New classification of heatwave patterns will support researchers & resources managers
Shunk's classification scheme illustrates the potential ways that MHWs manifest in water across both depth and time, revealing that tracking them through surface-water analysis alone does not convey the full picture of how ecosystems may be impacted further down the water column.
To create this classification scheme, Shunk explained: "We looked at how much of the water column was in a marine heatwave state, the start location, and whether it was simultaneously observed at the surface and the bottom. Our goal was then to ensure the classification scheme followed the simplest framework possible, grouping observed patterns into broad categories for practical research purposes."
The ability to identify these patterns will allow researchers to better understand how MHWs impact ecosystem health, informing advisory services provided to coastal resource managers and industry stakeholders responding to them.
MHWs have been associated with long-lasting consequences in estuarine ecosystems, including declines in fisheries as well as degradation of benthic habitats. They have also been found to contribute to multi-stressor environments, including co-occurrence with acidification, low light conditions and dead zones.
"This work is one of the necessary first steps in developing tools meant to support resource managers, watermen and other coastal practitioners in making informed environmental and economic decisions," explained Shunk. "The ultimate outcome of this work would be a tool that accurately predicts marine heatwaves with enough lead time for stakeholders to effectively safeguard our coastal and marine resources."
The Batten School & VIMS' Center of Excellence in Environmental Forecasting (CEEF) produces world-class forecasting tools, designed to be user-friendly and to inform daily decision-making across Virginia and beyond.
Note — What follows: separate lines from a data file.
//! What a file seems to be, by its first bytes.

/// How many bytes of a file are looked at.
pub const LOOKED: usize = 16_384;

/// What a file seems to be, for who is told why it can't be used.
#[derive(Clone, Copy, PartialEq, Eq, Debug)]
pub enum Look {
    /// There is none of that name.
    Missing,
    /// It is a folder.
    Folder,
    /// This user may not read it.
    Denied,
    /// It has nothing but white space.
    Empty,
    /// UTF-8 behind a byte order mark.
    Marked,
    /// A file of gzip.
    Packed,
    /// A database of SQLite.
    Database,
    /// UTF-16.
    Wide,
    /// A summary.
    Summary,
    /// Objects or arrays of JSON, each on a line of its own.
    Lines,
    /// An object or an array whose members stand on lines of their own.
    Pretty,
    /// Nothing that is known here.
    Other,
}

/// What a file seems to be that begins with these bytes, for a hint.
pub fn look_of(bytes: &[u8]) -> Look {
    if bytes.starts_with(b"\xef\xbb\xbf") {
        return Look::Marked;
    }
    if bytes.starts_with(b"\x1f\x8b") {
        return Look::Packed;
    }
    if bytes.starts_with(b"SQLite format 3\0") {
        return Look::Database;
    }
    if bytes.starts_with(b"\xff\xfe") || bytes.starts_with(b"\xfe\xff") {
        return Look::Wide;
    }
    look_of_text(bytes)
}

/// What a file's text seems to be, for a hint.
fn look_of_text(bytes: &[u8]) -> Look {
    if bytes.iter().all(|b| b.is_ascii_whitespace()) {
        return Look::Empty;
    }
    if bytes.starts_with(b"{\"blocks\":") || bytes.starts_with(b"{\"sources\":") {
        return Look::Summary;
    }
    look_of_lines(bytes)
}

/// What a file seems to be by its first line and what stands behind it, for a hint.
fn look_of_lines(bytes: &[u8]) -> Look {
    let Some(end) = bytes.iter().position(|b| *b == b'\n') else {
        return Look::Other;
    };
    let (first, rest) = bytes.split_at(end);
    let first = first.trim_ascii();
    if first == b"{".as_slice() || first == b"[".as_slice() {
        return Look::Pretty;
    }
    if is_whole(first) && rest.iter().any(|b| *b == b'{' || *b == b'[') {
        return Look::Lines;
    }
    Look::Other
}

/// Whether a file's text begins and ends as an object or an array does, for a hint.
fn is_whole(text: &[u8]) -> bool {
    text.starts_with(b"{") && text.ends_with(b"}") || text.starts_with(b"[") && text.ends_with(b"]")
}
Full water column analysis reveals spatial and seasonal variability
The study found that MHWs near the surface were typically shorter, more frequent, and more intense, but affected a smaller fraction of the Bay's surface area at any given time. In contrast, heatwaves in deeper waters tended to occur less often and with lower intensity but lasted longer and were spread across a larger portion of the Bay's bottom habitat.
The scientists found that in the Chesapeake Bay's shallow waters, which are 30 feet deep or less and make up roughly 75% of the Bay, warm conditions at the surface often occurred simultaneously near the bottom. In deeper channels, however, surface and bottom waters were less connected, especially during spring and summer.
The study also found that marine heatwaves can develop differently across the Bay and throughout the year, highlighting their complex nature and the need for more robust monitoring that goes beyond surface water readings.
These findings suggest that surface temperatures alone do not always tell the full story of warming in coastal ecosystems and that further studies of their spatial and seasonal variability are required to fully understand, predict and manage their potential impacts on marine ecosystems.
"Surface observations from satellites and buoys can be representative of conditions throughout the water column in shallow environments such as shoals," explained Mazzini. "But they may miss significant warming events occurring at depth. Capturing the full structure of marine heatwaves therefore requires attention to subsurface conditions as well. To understand these events more completely, sustained monitoring of the full water column should be a priority."
Further research on MHWs will begin this year with Piero Mazzini joining Ming Sun, an assistant professor at the Batten School & VIMS, to explore the relationship between MHWs and oyster reefs in the Chesapeake Bay. The study is supported by W&M's Global Research Institute , whose Seed Funding awards enable researchers to generate preliminary data, test innovative methodologies and build the foundation for larger external grants.